Why am I so intent on varying the rewards as well as keeping things upbeat and moving? The brain circuitry of humans and dogs, of course. Dopamine is a feel-good neurotransmitter that drives the reward response in humans and most animals. A dog’s brain, as well as ours, is extremely attuned to expectations, and when expectations go unmet, dopamine levels fall precipitously. Try telling a kid who ran home from school that he has to wait until tomorrow to play Xbox, and watch the effects of falling dopamine levels.
To understand the link between dopamine and reward circuitry, you have to travel deep within the brain to a place called the nucleus accumbens, where dopamine cells are waiting to fire in anticipation of a reward. Professor Wolfram Schultz at Cambridge University discovered environmental signs that indicate an upcoming reward creates a response in the brain that releases dopamine. These are rewards we know to expect, which transmits dopamine.
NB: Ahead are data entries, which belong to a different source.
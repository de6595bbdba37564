//! The trait of sources, the error of sources and sinks, and the key that a source brings for looking up codes.
ghost use Rattle.std.specs.Prelude.{◌≡◌, ℕ, ◌<◌, ◌≤◌, List, Option, None, Ok, length, take, IfOk, OnOk, OnErr};
ghost use Rattle.std.specs.Io.KnownBytes.{Consumes, Keeps, IsAtEnd};
ghost use Rattle.pc_edges.specs.Faults.{Rose};
ghost use Rattle.pc_edges.specs.Pulls.{TakesPulls};

use std::random::RandomSource;

/// The error of a pull, a push or a flush: the source or the sink had a fault, and its count of faults rose.
#[derive(Clone, Copy, Debug, PartialEq, Eq)]
pub struct Failed;

/// A source of bytes, which gives them a piece at a time.
pub trait Source {
    // The bytes still to come, if contracts can see them.
    ghost left: { Self → Option (List ℕ) } = { λ _. None };

    // How many faults there were. A count at the end of its type counts as one that rose.
    ghost faults: { Self → ℕ };

    // How many pulls on a buffer that is not empty there were, if the source counts them.
    ghost pulls: { Self → Option ℕ } = { λ _. None };

    /// Copies the next bytes to the beginning of `buf`, and returns how many.
    ///
    /// Returns `Ok(0)` at the end of the input, and if `buf` is empty. The rest of `buf` may hold anything afterwards.
    ///
    /// # Errors
    ///
    /// `Failed` if the source had a fault. No byte is lost, and all of `buf` may hold anything.
    fn pull(&mut self, buf: &mut [u8]) -> Result<usize, Failed>
        ensures fits { IfOk result (λ n. n ≤ length buf.old) }
        ensures bytes { IfOk result (λ n. Consumes (left self.old) (left self.new) (take n buf.new)) }
        ensures end { IfOk result (λ n. n ≡ 0 → 0 < length buf.old → IsAtEnd (left self.new)) }
        ensures empty { length buf.old ≡ 0 → result ≡ Ok 0 }
        ensures no_fault { OnOk result (faults self.new ≡ faults self.old) }

        ensures failed { OnErr result (Rose (faults self.old) (faults self.new)) }
        ensures kept { OnErr result (Keeps (left self.old) (left self.new)) }
        ensures count { faults self.old ≤ faults self.new }
        ensures pulled { TakesPulls 1 (pulls self.old) (pulls self.new) };

    /// Returns the key of the hash by which names in these bytes are looked up.
    ///
    /// The key changes how long a look-up takes, never what it returns. A source whose bytes others choose has a random
    /// key, so that no choice of names makes look-ups slow.
    fn key(&self) -> u128 {
        FIXED_KEY
    }
}

/// The key for bytes that nobody could choose in order to make look-ups slow, such as those of a test.
pub const FIXED_KEY: u128 = 0x243f_6a88_85a3_08d3_1319_8a2e_0370_7344;

/// Returns a random key, or `None` if the system gives no random bytes.
pub fn draw_key<R: RandomSource>(random: &R) -> Option<u128> {
    let mut bytes = [0; 16];
    match random.fill_bytes(&mut bytes) {
        Ok(()) => Some(u128::from_le_bytes(bytes)),
        Err(_) => None,
    }
}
But guess what releases more dopamine than expected rewards? Unexpected rewards. Surprising rewards and upbeat, unpredictable deliveries can help ward off any downturns in mood. In humans, the drop-off in dopamine for not receiving an expected reward is akin to pain and triggers a small threat response—not exactly a receptive, learning state.
Dopamine cells connect to the prefrontal cortex, which is critical for concentration and learning. Keep expectations positive for the dog, and focus grows accordingly. The connection between dopamine levels and perception is believed to be the reason that happier people experience improved mental performance and increased problem-solving abilities. I personally believe this is also true for dogs, although their prefrontal cortex, in relation to brain size, is much smaller than ours.
To recap: Vary the rewards, and deliver them at expected and unexpected times. Keep the vibe light, positive, and varied so you’ll have a supercharged dog to work with. Once some learning is in place, use the power of variable ratio and interval reinforcement schedules so a dog can bask in the element of surprise.
As a dog gains proficiency in training, we can up the ante to reward only the best responses based on our criteria. An underperforming dog will soon realize what it takes and up his game.